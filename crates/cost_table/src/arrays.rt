//! Arrays.

ghost use Rattle.std.specs.Prelude.{◌≡◌};
ghost use Rattle.libfunc_registry.specs.Fam.{fam_of};
ghost use Rattle.libfunc_registry.specs.Wanted.{IsPlaced};
ghost use Rattle.cost_table.specs.Arrays as rows;
ghost use Rattle.cost_table.specs.Groups.{if_arrays};
ghost use Rattle.cost_table.specs.Parts.{ArePartsOf};

use crate::part::{Parts, advanced, last, pointer, whole};
use crate::row::{Row, by_branch, known};
use crate::sizes::size;
use libfunc_registry::Libfunc;
use type_table::Types;

/// The row of a branch of a libfunc of this group.
pub(crate) fn arrays_row(types: &Types, libfunc: Libfunc, branch: usize) -> Option<Row>
    requires { IsPlaced types.now libfunc }
    ensures { result ≡ if_arrays (λ fam. rows.arrays_row fam branch) (fam_of types.now libfunc) }
{
    match libfunc {
        Libfunc::ArrayNew(_) => Some(known(1, 0, 1)),
        Libfunc::ArrayAppend(t) => Some(known(size(types, t), 0, 0)),
        Libfunc::ArrayLen(_) => Some(known(3, 0, 2)),
        Libfunc::ArrayGet(_) => Some(by_branch(branch, known(10, 1, 7), known(7, 1, 7))),
        Libfunc::ArrayPopFront(_) => Some(known(3, 0, 1)),
        _ => None,
    }
}

/// The terms of the results of a branch of a libfunc of this group.
pub(crate) fn arrays_parts(
    types: &Types,
    libfunc: Libfunc,
    row: Row,
    branch: usize,
) -> Option<Parts>
    requires { IsPlaced types.now libfunc }
    ensures { ArePartsOf (if_arrays (λ fam. rows.arrays_terms row fam branch) (fam_of types.now libfunc)) result }
{
    match libfunc {
        Libfunc::ArrayNew(_) => Some(Parts::Double(last(row, 1), last(row, 1))),
        Libfunc::ArrayAppend(t) => Some(Parts::Double(whole(0), advanced(1, size(types, t)))),
        Libfunc::ArrayLen(_) => Some(Parts::Single(last(row, 1))),
        Libfunc::ArrayGet(_) => Some(by_branch(
            branch,
            Parts::Double(pointer(row), last(row, 1)),
            Parts::Single(pointer(row)),
        )),
        Libfunc::ArrayPopFront(t) => Some(by_branch(
            branch,
            Parts::Triple(advanced(0, size(types, t)), whole(1), whole(0)),
            Parts::Double(whole(0), whole(1)),
        )),
        _ => None,
    }
}
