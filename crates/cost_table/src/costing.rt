//! What a branch costs.

ghost use Rattle.std.specs.Prelude.{◌≡◌, ◌<◌, length};
ghost use Rattle.libfunc_registry.specs.Fam.{fam_of};
ghost use Rattle.cost_table.specs.Costs as costs;
ghost use Rattle.cost_table.specs.Fits.{IsSignature};

use crate::costs::Cost;
use crate::row::row_of;
use crate::sizes::placed;
use crate::{control, dictionaries};
use libfunc_registry::Sig;
use type_table::Types;

/// What a branch of a libfunc costs, by the number of the branch from 0. It takes no memory.
pub fn cost(types: &Types, sig: &Sig, branch: usize) -> Cost
    requires signature { IsSignature types.now sig.now }
    requires branch { branch < length sig.now.branches }
    ensures { result ≡ costs.cost (fam_of types.now sig.now.libfunc) branch }
{
    placed(types, sig);
    let row = row_of(types, sig.libfunc, branch);
    Cost {
        steps: row.steps + dictionaries::share_steps(sig.libfunc),
        checks: row.checks + dictionaries::share_checks(sig.libfunc),
        holes: control::holes(types, sig.libfunc),
        ap: row.ap,
    }
}
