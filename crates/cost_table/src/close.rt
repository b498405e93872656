//! Whether offsets are near enough for a statement to take its arguments.

ghost use Rattle.std.specs.Prelude.{◌↔◌, IsTrue};
ghost use Rattle.std.specs.List.{All};
ghost use Rattle.cost_table.specs.Fits.{IsClose, IsCloseSide, IsCloseExpr};

use casm_word::{At, CellExpr, Side};

/// The least offset that a statement takes, and the greatest.
const LEAST: i64 = -(1 << 14);

const MOST: i64 = (1 << 14) - 1;

/// Whether a statement takes a cell with this offset.
fn is_close_at(at: At) -> bool
    ensures { IsTrue result ↔ IsClose at }
{
    LEAST <= at.off && at.off <= MOST
}

/// Whether a statement takes this operand.
fn is_close_side(side: Side) -> bool
    ensures { IsTrue result ↔ IsCloseSide side }
{
    match side {
        Side::Cell(at) => is_close_at(at),
        Side::Imm(_) => true,
    }
}

/// Whether each offset from a register is from `-2^14` to `2^14 - 1`. An inner offset doesn't count.
pub fn is_close(expr: CellExpr) -> bool
    ensures { IsTrue result ↔ IsCloseExpr expr }
{
    match expr {
        CellExpr::Cell(at) | CellExpr::DoubleCell(at, _) => is_close_at(at),
        CellExpr::Imm(_) => true,
        CellExpr::Sum(at, side) | CellExpr::Diff(at, side) | CellExpr::Product(at, side) => {
            is_close_at(at) && is_close_side(side)
        }
    }
}

/// Whether this is so of each of the expressions.
pub fn are_close(exprs: &[CellExpr]) -> bool
    ensures { IsTrue result ↔ All IsCloseExpr exprs.now }
{
    exprs.iter().all(|expr| is_close(*expr))
}
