//! What is asked of the expressions of an argument.

/// What a libfunc asks of the expressions of an argument's cells.
#[derive(Clone, Copy, Debug, PartialEq, Eq, Drop)]
pub enum Mark {
    /// Nothing.
    Any,
    /// Each is a cell.
    Cells,
    /// Each is a cell or a number.
    CellOrNumber,
    /// The first is a cell: the index of an enum's variant.
    FirstCell,
    /// The second is a cell: the end of an array.
    SecondCell,
}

Exercise goal — From the top of the material above, print every line exactly, ending with the line that holds "ghost use Rattle.cost_table.specs.Arrays".

Output below —
filename crates/cost_table/src/arrays.rt
//! Arrays.

ghost use Rattle.std.specs.Prelude.{◌≡◌};
ghost use Rattle.libfunc_registry.specs.Fam.{fam_of};
ghost use Rattle.libfunc_registry.specs.Wanted.{IsPlaced};
ghost use Rattle.cost_table.specs.Arrays as rows;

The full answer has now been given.